Improper Restriction of Operations within the Bounds of a Memory Buffer vulnerability in warmcat libwebsockets allows Pointer Manipulation, potentially leading to out-of-bounds memory access. This issue affects libwebsockets before 4.3.4 and is present in code built specifically for the Win32 platform. By default, the affected code is not executed unless one of the following conditions is met: LWS_WITHOUT_EXTENSIONS (default ON) is manually set to OFF in CMake. LWS_WITH_HTTP_STREAM_COMPRESSION (default OFF) is manually set to ON in CMake. Despite these conditions, when triggered in affected configurations, this vulnerability may allow attackers to manipulate pointers, potentially leading to memory corruption or unexpected behavior.
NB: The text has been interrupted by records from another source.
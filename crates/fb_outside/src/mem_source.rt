ghost use Rattle.std.specs.Prelude.{◌≡◌, ◌+◌, ◌<◌, ◌≤◌, [], IfOk, OnErr, IsErr, IsOk, length, map, take, min, Some, is_some, is_err};
ghost use Rattle.fb_outside.specs.Causes.{HasCause};
ghost use Rattle.fb_outside.specs.Streams.{Takes, IsAtEnd};

use crate::outside::{Failed, Source};
use crate::schedule::Schedule;
use std::alloc::{AllocError, Global};
use std::marker::Model;

/// A source over bytes in memory, some of whose calls fail. Contracts see it as what is left, the most that
/// a call gives, and which calls fail.
#[derive(Debug, Drop)]
pub struct MemSource {
    bytes: Vec<u8>,
    at: usize,
    piece: usize,
    schedule: Schedule,
}

impl Model for MemSource {
    ghost use Rattle.std.specs.Prelude.{◌≤◌, drop, vec_len};
    ghost use Rattle.fb_outside.specs.Memory.{SourceState};

    ghost Value = { SourceState };

    ghost view = { λ s. record { left = drop s.at s.bytes.items; piece = s.piece; counted = s.schedule } };

    ghost invariant = { λ s. (s.at ≤ vec_len s.bytes) × (1 ≤ s.piece) };
}

impl MemSource {
    ghost use Rattle.fb_outside.specs.Memory.{uncalled, plain_fail};

    /// Gives these bytes, at most `piece` a call. The calls with the numbers in `fails`, from 0, fail.
    pub fn make(
        alloc: Global,
        bytes: &[u8],
        piece: usize,
        fails: &[u64],
    ) -> Result<MemSource, AllocError>
        requires { 1 ≤ piece }
        ensures { IfOk result (λ s. s ≡ record { left = bytes.now; piece = piece; counted = uncalled (map plain_fail fails.now) }) }
    {
        let bytes = Vec::from_slice(alloc, bytes)?;
        let schedule = Schedule::at_calls(alloc, fails)?;
        Ok(MemSource {
            bytes,
            at: 0,
            piece,
            schedule,
        })
    }
}

impl Source for MemSource {
    ghost use Rattle.fb_outside.specs.Memory.{called, next_fault};

    ghost faults = { λ s. s.counted.faults };

    ghost left = { λ s. Some s.left };

    fn take(&mut self, buf: &mut [u8]) -> Result<usize, Failed>
        ensures cause { HasCause self.old.counted.faults self.new.counted.faults (IsErr result) }
        ensures count { IfOk result (λ n. n ≤ length buf.new) }
        ensures taken { IfOk result (λ n. Takes (Some self.old.left) (Some self.new.left) (take n buf.new)) }
        ensures end { IfOk result (λ n. n ≡ 0 → 0 < length buf.new → IsAtEnd (Some self.old.left)) }
        ensures failed { OnErr result (Some self.new.left ≡ Some self.old.left) }

        // The calls that fail are those of the schedule, and the others give all that may go.
        ensures fails { is_err result ≡ is_some (next_fault self.old.counted) }
        ensures gives { IfOk result (λ n. n ≡ min (min (length self.old.left) self.old.piece) (length buf.old)) }
        ensures never { self.old.counted.fails ≡ [] → IsOk result }
        ensures counted { self.new.counted ≡ called self.old.counted }
        ensures piece { self.new.piece ≡ self.old.piece }
    {
        if self.schedule.count().is_some() {
            return Err(Failed);
        }
        let left = &self.bytes[self.at..];
        let n = left.len().min(self.piece).min(buf.len());
        buf[..n].copy_from_slice(&left[..n]);
        self.at += n;
        Ok(n)
    }
}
Stack-based Buffer Overflow in lws_adns_parse_label in warmcat libwebsockets allows, when the LWS_WITH_SYS_ASYNC_DNS flag is enabled during compilation, to overflow the label_stack, when the attacker is able to sniff a DNS request in order to craft a response with a matching id containing a label longer than the maximum.

Use After Free in WebSocket server implementation in lws_handshake_server in warmcat libwebsockets may allow an attacker, in specific configurations where the user provides a callback function that handles LWS_CALLBACK_HTTP_CONFIRM_UPGRADE, to achieve denial of service.